Hindsight is an amazing thing, and allows us to look back and wonder “what could have been.” Though perfection is attempted, scouting and draft selection is far from an exact science and sometimes, it doesn’t work out the way teams – or players – intended. For every Patrick Kane, there is a Patrik Stefan.

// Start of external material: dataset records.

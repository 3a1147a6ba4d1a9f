// The mark of the start board.
ghost use Rattle.std.specs.Prelude.{◌≡◌, false, ◌+◌, ◌*◌, ◌≤◌, length, IfOk};
ghost use Rattle.std.specs.List.{sum_by};
ghost use Rattle.bddl_model.specs.Truth.{Assignment};
ghost use Rattle.bddl_model.specs.Circuit.{holds};
ghost use Rattle.bddl_model.specs.Encoding.{shown};
ghost use Rattle.bddl_model.specs.Growth.{HasRoom, Grows, Makes};
ghost use Rattle.bddl_model.specs.Layout.{anchor_bits};
ghost use Rattle.bddl_model.specs.Limits.{IsBoardOf};
ghost use Rattle.bddl_model.specs.OneCell.{spelled_cell};
ghost use Rattle.bddl_model.specs.Words.{AreWires, word_bits};
ghost use Rattle.symbol_cell.specs.Pairs.{IsPair, mark_of};
ghost use Rattle.symbol_cell.specs.Runs.{place_named};
ghost use Rattle.symbol_cell.specs.Starts.{filled, placed, is_at, cell_gates};

use crate::pair::{Pair, put_mark};
use crate::touch::is_number;
use bddl_model::{Mark, NoMemory, Wire};
use circuit_dag::Dag;
use grid_game::{Board, Game};
use move_code::bits;

// The open mark.
fn no_mark(dag: &Dag) -> Pair
    ensures pair { IsPair dag.now result }
    ensures shown { (a : Assignment) → mark_of dag.now result a ≡ Mark.Free }
{
    let never = dag.not(dag.truth());
    Pair {
        black: never,
        white: never,
    }
}

// A wire that holds where the place is a cell.
fn is_cell(dag: &mut Dag, x: u32, y: u32, x_bits: u32, place: &[Wire]) -> Result<Wire, NoMemory>
    requires place { AreWires dag.old place.now }
    requires columns { x_bits ≤ length place.now }
    requires short { length place.now ≤ 16 }
    requires room { HasRoom dag.old (length place.now + 1) }
    ensures { Makes (length place.now + 1) dag.old dag.new result (λ a. is_at x y (spelled_cell x_bits (word_bits dag.old place.now a))) }
{
    let (columns, rows) = place.split_at(x_bits as usize);
    let column = is_number(dag, columns, x)?;
    let row = is_number(dag, rows, y)?;
    dag.and(column, row)
}

// The mark of one cell, where the place is that cell. An open one is none.
fn put_cell(
    dag: &mut Dag,
    x: u32,
    y: u32,
    mark: Mark,
    x_bits: u32,
    place: &[Wire],
    before: Pair,
) -> Result<Pair, NoMemory>
    requires place { AreWires dag.old place.now }
    requires columns { x_bits ≤ length place.now }
    requires short { length place.now ≤ 16 }
    requires before { IsPair dag.old before }
    requires room { HasRoom dag.old (cell_gates (length place.now) * filled mark) }
    ensures pair { IfOk result (λ p. IsPair dag.new p) }
    ensures shown { IfOk result (λ p. (a : Assignment) → mark_of dag.new p a ≡ placed mark x y (spelled_cell x_bits (word_bits dag.old place.now a)) (mark_of dag.old before a)) }
    ensures grows { Grows (cell_gates (length place.now) * filled mark) dag.old dag.new }
{
    if mark == Mark::Free {
        return Ok(before);
    }
    let here = is_cell(dag, x, y, x_bits, place)?;
    put_mark(dag, here, mark, before)
}

/// A pair that shows the mark that the board has at the place.
pub fn put_board(
    dag: &mut Dag,
    game: &Game,
    board: &Board,
    place: &[Wire],
) -> Result<Pair, NoMemory>
    requires board { IsBoardOf game.now board.now }
    requires place { AreWires dag.old place.now }
    requires place_bits { length place.now ≡ anchor_bits game.now }
    requires room { HasRoom dag.old (cell_gates (length place.now) * sum_by filled board.now.marks) }
    ensures pair { IfOk result (λ p. IsPair dag.new p) }
    ensures shown { IfOk result (λ p. (a : Assignment) → mark_of dag.new p a ≡ shown game.now board.now.marks (place_named game.now dag.old a place.now)) }
    ensures grows { Grows (cell_gates (length place.now) * sum_by filled board.now.marks) dag.old dag.new }
{
    game.keeps_the_limits();
    board.keeps_the_size();
    let width = board.width();
    let x_bits = bits(width);
    let mut pair = no_mark(dag);
    'cells: for cell in 0..board.height() * width {
        let (x, y) = (cell % width + 1, cell / width + 1);
        pair = put_cell(dag, x, y, board.at(x, y), x_bits, place, pair)?;
    }
    Ok(pair)
}
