//! The pairs of all moments, from the start board on.
ghost use Rattle.std.specs.Prelude.{◌≡◌, ◌+◌, ◌*◌, ◌≤◌, List, [], ◌∷◌, ◌++◌, length, slice_get, Some, IfOk, OnOk, OnErr};
ghost use Rattle.std.specs.List.{sum_by};
ghost use Rattle.bddl_model.specs.declared.game.Move.{Move};
ghost use Rattle.bddl_model.specs.Truth.{Assignment};
ghost use Rattle.bddl_model.specs.Board.{Board as Marks};
ghost use Rattle.bddl_model.specs.Circuit.{Circuit, holds};
ghost use Rattle.bddl_model.specs.Codes.{shape_of, code_length};
ghost use Rattle.bddl_model.specs.Encoding.{AreCoded, shown, place_read};
ghost use Rattle.bddl_model.specs.Exact.{position};
ghost use Rattle.bddl_model.specs.Game.{Game as GameModel};
ghost use Rattle.bddl_model.specs.Growth.{HasRoom, Grows};
ghost use Rattle.bddl_model.specs.Layout.{anchor_bits};
ghost use Rattle.bddl_model.specs.Limits.{IsBoardOf};
ghost use Rattle.bddl_model.specs.Setup.{Setup};
ghost use Rattle.bddl_model.specs.Words.{AreWires};
ghost use Rattle.symbol_cell.specs.Coded.{CarriesLayout};
ghost use Rattle.symbol_cell.specs.Pairs.{IsPair, mark_of};
ghost use Rattle.symbol_cell.specs.Runs.{Run, Stands, Name, board_after, place_named};
ghost use Rattle.symbol_cell.specs.Starts.{filled, cell_gates};
ghost use Rattle.symbol_cell.specs.Steps.{step_gates};

use crate::pair::Pair;
use crate::start::put_board;
use crate::step::put_move;
use bddl_model::{NoMemory, Side, Wire};
use circuit_dag::Dag;
use grid_game::{Board, Game};
use std::alloc::Global;
use std::marker::Model;

#[derive(Drop)]
struct Step {
    side: Side,
    code: Vec<Wire>,
    pair: Pair,
}

/// The mark of a place from moment to moment. Contracts see the place, the plies, and a pair for each
/// moment, of which there is one more.
#[derive(Drop)]
pub struct SymbolRun {
    place: Vec<Wire>,
    first: Pair,
    steps: Vec<Step>,
}

impl Model for SymbolRun {
    ghost use Rattle.std.specs.Prelude.{◌∷◌, map};
    ghost use Rattle.symbol_cell.specs.Runs.{Run};
    ghost use Rattle.symbol_cell.specs.Views.{ply_of, pair_of};

    ghost Value = { Run };

    ghost view = { λ r. record { place = r.place.items; plies = map ply_of r.steps.items; pairs = r.first ∷ map pair_of r.steps.items } };
}

impl SymbolRun {
    /// The start board at the place, and no ply.
    pub fn start(
        alloc: Global,
        dag: &mut Dag,
        game: &Game,
        board: &Board,
        place: &[Wire],
    ) -> Result<SymbolRun, NoMemory>
        requires board { IsBoardOf game.now board.now }
        requires place { AreWires dag.old place.now }
        requires place_bits { length place.now ≡ anchor_bits game.now }
        requires room { HasRoom dag.old (cell_gates (length place.now) * sum_by filled board.now.marks) }
        ensures place { IfOk result (λ r. r.place ≡ place.now) }
        ensures plies { IfOk result (λ r. r.plies ≡ []) }
        ensures stands { IfOk result (λ r. Stands r dag.new game.now board.now.marks) }
        ensures grows { Grows (cell_gates (length place.now) * sum_by filled board.now.marks) dag.old dag.new }
    {
        board.keeps_the_size();
        let first = put_board(dag, game, board, place)?;
        let place = Vec::from_slice(alloc, place)?;
        Ok(SymbolRun {
            place,
            first,
            steps: Vec::new(alloc),
        })
    }

    /// One ply more, by the wires of its code. Where memory is wanting, there are some gates more.
    pub fn step(
        &mut self,
        alloc: Global,
        dag: &mut Dag,
        game: &Game,
        side: Side,
        code: &[Wire],
    ) -> Result<(), NoMemory>
        requires stands { (board : Marks) × Stands self.old dag.old game.now board }
        requires code { AreWires dag.old code.now }
        requires code_bits { length code.now ≡ code_length (shape_of game.now side) }
        requires room { HasRoom dag.old (step_gates game.now side) }
        ensures added { OnOk result ((p : Pair) × (self.new ≡ record self.old { plies = self.old.plies ++ record { side = side; code = code.now } ∷ []; pairs = self.old.pairs ++ p ∷ [] })) }
        ensures stands { OnOk result ((board : Marks) → Stands self.old dag.old game.now board → Stands self.new dag.new game.now board) }
        ensures grows { Grows (step_gates game.now side) dag.old dag.new }
        ensures err { OnErr result (self.new ≡ self.old) }
    {
        let before = self.pair_at(self.steps.len());
        let pair = put_move(alloc, dag, game, side, code, &self.place, before)?;
        let code = Vec::from_slice(alloc, code)?;
        self.steps.push(Step { side, code, pair })?;
        Ok(())
    }

    /// A law: there is a moment before the first ply, and one behind each.
    pub fn keeps_its_moments(&self)
        ensures { length self.now.pairs ≡ length self.now.plies + 1 }
    {
        let _ = &self.steps;
    }

    /// The wires of the place.
    pub fn place(&self) -> &[Wire]
        ensures { result.now ≡ self.now.place }
    {
        &self.place
    }

    fn pair_at(&self, time: usize) -> Pair
        requires { time ≤ length self.now.plies }
        ensures { slice_get self.now.pairs time ≡ Some result }
    {
        if time == 0 {
            return self.first;
        }
        self.steps[time - 1].pair
    }

    /// The wires that hold where the mark after so many plies is black, and where it is white.
    pub fn mark(&self, time: u32) -> (Wire, Wire)
        requires { time ≤ length self.now.plies }
        ensures pair { slice_get self.now.pairs time ≡ Some (record { black = result.0; white = result.1 }) }
        ensures apart { (c : Circuit) (g : GameModel) (board : Marks) → Stands self.now c g board → IsPair c (record { black = result.0; white = result.1 }) }
        ensures shows { (c : Circuit) (g : GameModel) (board : Marks) (a : Assignment) (moves : List Move) → Stands self.now c g board → length moves ≡ time → Name g c a board self.now.plies moves
            → mark_of c (record { black = result.0; white = result.1 }) a ≡ shown g (board_after g board self.now.plies moves) (place_named g c a self.now.place) }
    {
        let pair = self.pair_at(time as usize);
        (pair.black, pair.white)
    }
}

/// Gates that come later keep what stands.
pub fn later_gates_keep()
    ensures { (most : _) (run : Run) (old new : Circuit) (g : GameModel) (board : Marks) → Grows most old new → Stands run old g board → Stands run new g board }
{}

/// A law: of a run whose words carry the inputs of a setup's layout, the pair of each moment shows the
/// mark of the position at the place.
pub fn layout_marks_are_shown()
    ensures { (s : Setup) (c : Circuit) (run : Run) (a : Assignment) (moves : List Move) (pair : Pair) → Stands run c s.game s.board → CarriesLayout s c run → length moves ≤ length run.plies
        → AreCoded s.game s.depth a s.first s.board 1 moves → slice_get run.pairs (length moves) ≡ Some pair
        → mark_of c pair a ≡ shown s.game (position s moves) (place_read s a) }
{}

We’re looking back at the 2009 NHL Entry Draft and asking how it would shake out knowing what we do now. Will the first round remain the same, or will some late-round picks jump up to the top of the board?
The results of our redraft so far are as follows, with their original draft position in parentheses:
1st Overall: Victor Hedman, New York Islanders (2)
2nd Overall: John Tavares, Tampa Bay Lightning (1)
3rd Overall: Ryan O’Reilly, Colorado Avalanche (33)
4th Overall: Matt Duchene, Atlanta Thrashers (3)
5th Overall: Chris Kreider, Los Angeles Kings (19)
6th Overall: Nazem Kadri, Phoenix Coyotes (7)
7th Overall: Mattias Ekholm, Toronto Maple Leafs (102)
8th Overall: Evander Kane, Dallas Stars (4)
9th Overall: Brayden Schenn, Ottawa Senators (5)
10th Overall: Oliver Ekman-Larsson, Edmonton Oilers (6)
11th Overall: Ryan Ellis, Nashville Predators (11)
12th Overall: Dmitry Orlov, New York Islanders (55)
13th Overall: Anders Lee, Buffalo Sabres (152)
Lee goes much higher this time around, jumping up from the first pick of the sixth round to just above the midway mark of the first after receiving just shy of 30% of the votes. It’s a pick that would have gone over much better for Buffalo after Zack Kassian didn’t quite live up to his draft billing.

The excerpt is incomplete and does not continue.